### INSTRUCTIONS TO FOLLOW
Would you please copy each line below that includes the string "IfSome"?

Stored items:
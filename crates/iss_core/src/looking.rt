//! What stands under a name or a number, each by one look-up.
ghost use Rattle.std.specs.Prelude.{◌≡◌, ◌+◌, ◌<◌, ◌^◌, ◌==◌, IfSome, length, int_lt, is_some, pos};
ghost use Rattle.std.specs.Option.{option_map};
ghost use Rattle.iss_model.specs.rules.Settings.{user_named, product_named, is_active_user, is_active_card};
ghost use Rattle.iss_model.specs.rules.Activity.{txn_named, call_numbered};
ghost use Rattle.iss_model.specs.rules.Facts.{available_in, next_notice, next_call};
ghost use Rattle.iss_model.specs.rules.Reasons.{user_is};
ghost use Rattle.iss_model.specs.rules.Pieces.{parts_held};
ghost use Rattle.iss_hold.specs.Holdings.{txn_of_hold, parts_of_hold, whole_of};
ghost use Rattle.iss_call.specs.States.{seen_call};
ghost use Rattle.iss_product.specs.Listed.{products_in};
ghost use Rattle.iss_core.specs.States.{facts_of};

use crate::state::State;
use iss_call::Call;
use iss_hold::Hold;
use iss_model::{CallId, CardState, Currency, Product, Token, UserState};

impl State {
    pub(crate) fn is_user(&self, user: &Token) -> bool
        ensures { result ≡ is_some (user_named user.now (facts_of self.now).users) }
    {
        self.cards.user(user).is_some()
    }

    /// Whether there is a user of that name, who may buy.
    pub(crate) fn is_active_user(&self, user: &Token) -> bool
        ensures { result ≡ user_is is_active_user (facts_of self.now) user.now }
    {
        match self.cards.user(user) {
            Some(UserState::Active) => true,
            Some(UserState::Suspended | UserState::Closed) | None => false,
        }
    }

    pub(crate) fn product(&self, product: &Token) -> Option<Product>
        ensures { result ≡ product_named product.now (facts_of self.now).products }
    {
        self.products.get(product).copied()
    }

    /// A transaction with what it holds.
    pub(crate) fn hold(&self, txn: &Token) -> Option<Hold>
        ensures txn { option_map txn_of_hold result ≡ txn_named txn.now (facts_of self.now).txns }
        ensures parts { IfSome result (λ hold. parts_of_hold hold ≡ parts_held (facts_of self.now) hold.txn) }
        ensures small { IfSome result (λ hold. whole_of hold < 2 ^ 62) }
    {
        self.chain.hold(txn)
    }

    pub(crate) fn call(&self, call: CallId) -> Option<Call>
        ensures { option_map seen_call result ≡ call_numbered call.0 (facts_of self.now).calls }
    {
        self.calls.get(call)
    }

    /// The number of the next notice.
    pub(crate) fn next_notice(&self) -> u32
        requires { self.now.notices.made + 1 < 2 ^ 32 }
        ensures { result ≡ next_notice (facts_of self.now) }
    {
        self.notices.made() + 1
    }

    /// The number of the next call.
    pub(crate) fn next_call(&self) -> CallId
        requires { length self.now.calls + 1 < 2 ^ 32 }
        ensures { result.0 ≡ next_call (facts_of self.now) }
    {
        CallId(self.calls.count() + 1)
    }

    /// Whether a user can't spend this amount: the balance, less what is held, is smaller.
    pub(crate) fn is_short(&self, user: &Token, currency: Currency, amount: u64) -> bool
        ensures { result ≡ int_lt (available_in (facts_of self.now) user.now currency) (pos amount) }
    {
        i128::from(self.chain.available(user, currency)) < i128::from(amount)
    }
}

pub(crate) fn is_active_card(state: CardState) -> bool
    ensures { result ≡ is_active_card state }
{
    matches!(state, CardState::Active)
}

### FINISHED TASK
ghost use Rattle.std.specs.Prelude.{◌≡◌, ◌+◌, ◌<◌, ◌^◌, ◌==◌, IfSome, length, int_lt, is_some, pos};
        ensures parts { IfSome result (λ hold. parts_of_hold hold ≡ parts_held (facts_of self.now) hold.txn) }
        ensures small { IfSome result (λ hold. whole_of hold < 2 ^ 62) }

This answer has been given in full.